The BMAT group of schools are working to create a more modern curriculum full of knowledge to enable young people to compete on the world stage.
At Burnt Mill Academy Year 7 and 8 students start every registration with reading, they are challenged to put a Word of the Week into their communication and work and three days each week the Read to Succeed programme sees Year 9 to 11 reading leaders read with their younger peers for half-an-hour to improve ability.
Subject leaders across the school are ensuring homework is set that requires students to read more and students are filming videos to give parents tips on how to support their children with reading.
That work continued on World Book Day as Year 7 and 8 students were challenged to analyse an article from a national broadsheet newspaper.

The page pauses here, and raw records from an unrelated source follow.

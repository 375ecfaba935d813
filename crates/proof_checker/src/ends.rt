// Whether a `q` line may stand.
ghost use Rattle.std.specs.Prelude.{◌≡◌, ◌↔◌, ◌≤◌, IsTrue, [], length, None, Some};
ghost use Rattle.derivation_meaning.specs.State as spec;
ghost use Rattle.derivation_meaning.specs.State.{last_cost};
ghost use Rattle.derivation_meaning.specs.Valid.{IsEnd};
ghost use Rattle.proof_checker.specs.inner.View.{state_of};

use crate::state::PlainState;

// Whether the empty nogood is held. It looks at each that is.
#[tactic(auto, using(crate::proofs::EndLemmas::held_is))]
fn holds_empty(state: &PlainState) -> bool
    ensures { result ≡ spec.holds_empty (state_of state.now) }
{
    state.table.holds_empty()
}

// Whether `q none` may stand.
#[tactic(auto, using(crate::proofs::EndLemmas::none_made, crate::proofs::EndLemmas::none_empty, crate::proofs::EndLemmas::none_listed, crate::proofs::EndLemmas::none_best))]
pub(crate) fn is_end_none(state: &PlainState) -> bool
    ensures { IsTrue result ↔ IsEnd (state_of state.now) ((state.now.answers ≡ []) × ((state_of state.now).best ≡ None)) }
{
    holds_empty(state) && state.answers.is_empty() && state.best.is_none()
}

// Whether so many answers were given, one or more.
fn are_given(state: &PlainState, count: u64) -> bool
    ensures { IsTrue result ↔ ((1 ≤ count) × (length state.now.answers ≡ count)) }
{
    1 <= count && state.answers.len() as u64 == count
}

// Whether `q all` with this count may stand.
#[tactic(auto, using(crate::proofs::EndLemmas::all_made, crate::proofs::EndLemmas::all_empty, crate::proofs::EndLemmas::all_given))]
pub(crate) fn is_end_all(state: &PlainState, count: u64) -> bool
    ensures { IsTrue result ↔ IsEnd (state_of state.now) ((1 ≤ count) × (length state.now.answers ≡ count)) }
{
    holds_empty(state) && are_given(state, count)
}

// Whether `q best` with this cost may stand.
#[tactic(auto, using(crate::proofs::EndLemmas::best_made, crate::proofs::EndLemmas::best_empty, crate::proofs::EndLemmas::best_given))]
pub(crate) fn is_end_best(state: &PlainState, cost: i128) -> bool
    ensures { IsTrue result ↔ IsEnd (state_of state.now) (last_cost (state_of state.now) ≡ Some cost) }
{
    holds_empty(state) && has_cost(state, cost)
}

// Whether the last `o` line had the cost.
fn has_cost(state: &PlainState, cost: i128) -> bool
    ensures { IsTrue result ↔ (last_cost (state_of state.now) ≡ Some cost) }
{
    match &state.best {
        Some(best) => best.cost == cost,
        None => false,
    }
}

Shaheen Khan, assistant headteacher responsible for reading, said: “Children will not improve the vocabulary they arrived at secondary school with unless we do this work. Most exams require a reading age of 15 to 17, so we must make sure our children’s vocabulary continues to improve, along with their ability to decode text and comprehend.
“Their careers from now are completely different to what we had. Everything is on the computer. If they cannot decode quickly and comprehend, they are going to be left behind in the workplace. It is absolutely essential we get children reading widely from a very young age.
“We are trying to build habits. We are starting with the younger year groups with the intention they keep it going.”
The work is already seeing a shift in culture and attitudes at the school.
Mrs Khan said: “If you stop anyone in Year 7 or 8, they will happily discuss the books they are reading, the storylines and characters. We are trying to break the ‘uncool’ stigma, so that it becomes socially acceptable to be proficient readers and to read widely.
“We want to be in a position that when we ask our young people if they read a newspaper that their reply is ‘of course I do’. We cannot make them world citizens if we do not give them the right tools.
“This is what we do at Burnt Mill.”
On world Book Day, students also took part in a book swap; teachers read paragraphs from their favourite books and explained why they loved them; each lesson in Key Stage 3 started with a Drop Everything And Read (DEAR) session; and students took part in quizzes.